The park did not return to court, went to Los Angeles, and then jumped with bail, a aggravated crime, and returned to Hawaii.
Um At that time, I didn’t know that bail jumping was a aggravated crime charges, and when it was combined with my drug use, it could be deported to my green card for someone like me, ”he said.
The USA was sent to search for Marshals Park and said that he returned in August 2009 after hearing it, because he did not want to be arrested in front of his two children.

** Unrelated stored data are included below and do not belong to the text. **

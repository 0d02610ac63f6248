//! Laws of names in constant initialisers. The program calls none of these functions.
ghost use Rattle.cr_meaning_references.specs.Constant.Laws as laws;

/// A name of an object whose address is constant stands for no automatic object.
pub fn anchored_names_last()
    ensures { laws.AnchoredNamesLast }
{}

/// A name that is used, also a called one, is told once where it stands among no definition's parameters.
pub fn names_are_told_once()
    ensures { laws.NamesAreToldOnce }
{}
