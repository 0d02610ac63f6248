//! What a reader expects of typedef names. The program calls none of these functions.
ghost use Rattle.cr_meaning_references.specs.Typedefs.Laws as laws;

/// The declaration that a typedef name sees says `typedef`.
pub fn typedefs_are_seen()
    ensures { laws.TypedefsAreSeen }
{}

/// What a typedef name sees is no enumerator.
pub fn typedefs_are_no_enumerators()
    ensures { laws.TypedefsAreNoEnumerators }
{}
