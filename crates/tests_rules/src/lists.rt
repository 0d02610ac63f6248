use crate::row_between;
use cr_check_types::Table;
use std::alloc::{AllocError, Global};

/// The rows of types in words, with commas between them; `...` is none.
pub(crate) fn rows_of(
    alloc: Global,
    table: &mut Table,
    types: &str,
    between: char,
) -> Result<Vec<u32>, AllocError> {
    let mut rows = Vec::new(alloc);
    for text in types.split(',') {
        push_row(&mut rows, table, text.trim_start(), between)?;
    }
    Ok(rows)
}

fn push_row(
    rows: &mut Vec<u32>,
    table: &mut Table,
    text: &str,
    between: char,
) -> Result<(), AllocError> {
    if !text.is_empty() && text != "..." {
        let row = row_between(table, text, between)?;
        rows.push(row)?;
    }
    Ok(())
}
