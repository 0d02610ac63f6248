//! The tests of the operators, of declarations and of initialisers, as tables with types in words and what comes of them, worked out by
//! hand.
//!
//! They stand above `cr_check_operands`, `cr_check_declarators` and `cr_check_initialisers`, so that none of these proves its functions once more for its tests,
//! and below the parsers. It promises nothing but that it is safe; `all_rows` tells whether numbers are rows of a table, `row_of` and
//! `push_type` read and write types in words, and `pair`, `triple`, `quadruple` and `expect` read and assert a row of a table, also for
//! the crates of tests above.
#![tactic(auto)]

#[cfg(test)]
mod declarators;
#[cfg(test)]
mod initialisers;
#[cfg(test)]
mod lists;
#[cfg(test)]
mod names;
mod nodes;
#[cfg(test)]
mod operands;
#[cfg(test)]
mod reading;
mod rows;
#[cfg(test)]
mod specifiers;
mod within;
mod words;

pub use nodes::nodes_with;
pub use rows::{expect, pair, quadruple, triple, without, yes_or_no};
pub use within::all_rows;
pub use words::{constant_in, expect_type, name_of, push_type, row_between, row_of};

He was sentenced to two years in prison, and said the immigrant officials detained him for six months after being released while he was fighting for deportation. Eventually, a prosecution was released under the “postponed action olan, which was the discretion of a prosecution to be deported by DHS.
Since then, Park had to check with the federal authorities every year and show that he was employed and sober. Meanwhile, two children who were currently 28 and 25 years old had custody. He was also looking at his 85 -year -old mother, who was in the early stages of dementia.
Lastly, the park was about to clarify and detain, but the immigrant agents placed him an ankle monitor and gave him three weeks to take his jobs regularly and uniquely. It is not allowed to return to the United States for 10 years. He’s worried about his mother’s passing and his daughter will miss the wedding.
The Park said, “This is the biggest part. But it could be much worse. I look at this way,” he said. “That’s why I think I’m grateful for removing the United States without being detained.”
“I always assume that it was just a green card, legal residence, just like having citizenship,” he added. “I never felt that I had to get citizenship. And this is just to be honest. When I was a child growing up in the United States, I always thought, hey, I have a green card, I am a legal residence, just like a citizen.”
He’s hugged his situation since then.
“Well. I’m losing. I can’t stop crying. “I just want to go back to my family and take care of my mother … I’m a mess.”
Times staff writer Nathan Solis contributed to this report.